Assume you have two functions $f,g: [a,b]\times [c,d]\rightarrow \mathbb{R}$.
Let $\Pi_1^n=(a=x_0,x_1,x_2,\ldots,x_n=b)$ be a partition of $[a,b]$ and let $\Pi_2^n$ be a partition of $[c,d]$.
Define $\Delta_2\Delta_1g(x_i,y_j)=g(x_{i},y_j)-g(x_i,y_{j-1})-g(x_{i-1},y_{j})+g(x_{i-1},y_{j-1})$.
Let $x_{i-1}\le\zeta_i\le x_i$,
$y_{j-1}\le\xi_j\le y_j $.
Do you know under what conditions the sums $\sum\limits_{i=1}^{|\Pi_1^n|-1}\sum\limits_{j=1}^{|\Pi_2^n|-1}f(\zeta_i,\xi _j)\Delta_2\Delta_1g(x_i,y_j)$
converges as both the norms of the partitions goes to zero as n goes to infinity?
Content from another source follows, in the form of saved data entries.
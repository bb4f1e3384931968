// What has one of the documents' numbers.
ghost use Rattle.std.specs.Prelude.{ℕ, ◌≡◌};
ghost use Rattle.shape.specs.Marks.{mark_number};
ghost use Rattle.refusal.specs.Numbers.{refused};

use crate::Refusal;
use shape::Mark;

// A number itself, a mark, and what a check found: the calls that take one take each of them.
pub trait HasNumber: Copy {
    ghost numbered: { Self → ℕ };

    fn as_number(self) -> u8
        ensures { result ≡ numbered self };
}

impl HasNumber for u8 {
    ghost numbered = { λ n. n };

    fn as_number(self) -> u8 {
        self // as it is
    }
}

impl HasNumber for Mark {
    ghost numbered = { mark_number };

    fn as_number(self) -> u8 {
        self.number()
    }
}

impl<T: Copy> HasNumber for Result<T, Refusal> {
    ghost numbered = { refused };

    fn as_number(self) -> u8 {
        crate::number_of(self)
    }
}
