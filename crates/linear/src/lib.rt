// Linear: a plus scale times b, element by element over whole rows, into an empty row, which becomes held; the fee is added to
// its public sums and to nothing else.
#![tactic(auto)]

pub mod sets;

ghost use Rattle.std.specs.Prelude.{◌≡◌, ◌≤◌, length, set};
ghost use Rattle.shape.specs.Bounds.{row_count_of, last_row_at};
ghost use Rattle.shape.specs.Marks.{held};
ghost use Rattle.refusal.specs.Refusal.{first, outcome};
ghost use Rattle.refusal.specs.Numbers.{refused};
ghost use Rattle.session.specs.Between.{Allows, Sized};
ghost use Rattle.linear.specs.Between.{linear_places_of, linear_numbers_of};
ghost use Rattle.linear.specs.Linear.{linear_marks_of, linear_refusal_of, linear_answer, linear_rows_of};

use refusal::Refusal;
use session::{Answer, Session};
use shape::{Mark, Shape};

// 6, of the three rows.
fn linear_places(dest: usize, a: usize, b: usize) -> Result<(), Refusal>
    ensures { refused result ≡ first (linear_places_of dest a b) }
{
    session::checks::row(dest)?;
    session::checks::row(a)?;
    session::checks::row(b)
}

// 7, of the three rows.
fn linear_marks(marks: &[u8], dest: usize, a: usize, b: usize) -> Result<(), Refusal>
    ensures { refused result ≡ first (linear_marks_of marks.now dest a b) }
{
    session::checks::wrong_mark(marks, dest, Mark::Empty)?;
    session::checks::wrong_mark(marks, a, Mark::Held)?;
    session::checks::wrong_mark(marks, b, Mark::Held)
}

// 8, of scale and fee and of the two rows that are read.
fn linear_numbers(
    shape: Shape,
    rows: &[u32],
    a: usize,
    b: usize,
    scale: u32,
    fee: u32,
) -> Result<(), Refusal>
    requires { Sized shape rows.now }
    ensures { refused result ≡ first (linear_numbers_of shape rows.now a b scale fee) }
{
    refusal::number(scale)?;
    refusal::number(fee)?;
    session::checks::numbers(shape, rows, a)?;
    session::checks::numbers(shape, rows, b)
}

// The marks are lent, since the call changes this copy of them too.
#[tactic(auto, using(session::proofs::Calls::shape_sized, crate::proofs::Combining::linear_stopped, crate::proofs::Combining::linear_misplaced, crate::proofs::Combining::linear_unmarked, crate::proofs::Combining::linear_checked, refusal::proofs::Checks::not_zero))]
fn linear_checks(
    session: Session,
    marks: &[u8],
    rows: &[u32],
    dest: usize,
    a: usize,
    b: usize,
    scale: u32,
    fee: u32,
) -> Result<(), Refusal>
    requires { marks.now ≡ session.marks }
    ensures { refused result ≡ linear_refusal_of session rows.now dest a b scale fee }
{
    session.frame(rows)?;
    linear_places(dest, a, b)?;
    linear_marks(marks, dest, a, b)?;
    linear_numbers(session.shape(), rows, a, b, scale, fee)
}

// The rows, after a call whose checks found this.
#[tactic(auto, using(crate::proofs::Combining::linear_untouched, crate::proofs::Combining::linear_written, refusal::proofs::Checks::ok_zero, refusal::proofs::Checks::err_not_zero))]
fn linear_rows(
    session: Session,
    rows: &mut [u32],
    dest: usize,
    a: usize,
    b: usize,
    scale: u32,
    fee: u32,
    checked: Result<(), Refusal>,
)
    requires { refused checked ≡ linear_refusal_of session rows.old dest a b scale fee }
    ensures { rows.new ≡ linear_rows_of session rows.old dest a b scale fee }
{
    if checked.is_ok() {
        sums::sum_rows(session.shape(), rows, dest, a, b, scale, fee);
    }
}

// The marks, after a call whose checks found this.
#[tactic(auto, using(crate::proofs::Sharing::row_96, crate::proofs::Sharing::set_refused, crate::proofs::Sharing::set_done, refusal::proofs::Checks::ok_zero, refusal::proofs::Checks::err_not_zero))]
fn hold_unless(checked: Result<(), Refusal>, marks: &mut [u8], dest: usize)
    requires { (length marks.old ≡ row_count_of) × Allows (refused checked) (dest ≤ last_row_at) }
    ensures { marks.new ≡ outcome (refused checked) (set marks.old dest held) marks.old }
{
    if checked.is_ok() {
        marks[dest] = Mark::Held as u8;
    }
}

#[tactic(auto, using(crate::proofs::Combining::linear_allows, crate::proofs::Sharing::allows_a, crate::proofs::Sharing::allows_b, crate::proofs::Sharing::sum_done))]
pub fn linear(
    session: Session,
    rows: &mut [u32],
    dest: usize,
    a: usize,
    b: usize,
    scale: u32,
    fee: u32,
) -> Answer
    ensures value { result ≡ linear_answer session rows.old dest a b scale fee }
    ensures rows_after { rows.new ≡ linear_rows_of session rows.old dest a b scale fee }
{
    // The lists that change are copied first, for both ends: behind the rows they would be copied in two places.
    let mut marks = session.marks;
    let mut barred = session.barred;
    let checked = linear_checks(session, &marks, rows, dest, a, b, scale, fee);
    linear_rows(session, rows, dest, a, b, scale, fee, checked);
    sets::share_unless(checked, &mut barred, dest, a, b);
    hold_unless(checked, &mut marks, dest);
    Answer {
        refusal: refusal::number_of(checked),
        value: 0,
        session: Session {
            marks,
            barred,
            ..session
        },
    }
}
Also assume now that $\frac{\partial^2}{\partial x\partial y}g(x,y)$ exist. Under what conditions does then the sum
$\sum\limits_{i=1}^{|\Pi_1^n|-1}\sum\limits_{j=1}^{|\Pi_2^n|-1}f(\zeta_i,\xi _j)\Delta_2\Delta_1g(x_i,y_j)$
converge to
$\int_a^b\int_c^df(x,y)\frac{\partial^2}{\partial x\partial y}g(x,y)dydx$?
If you have books talking about this, I would love to hear about them.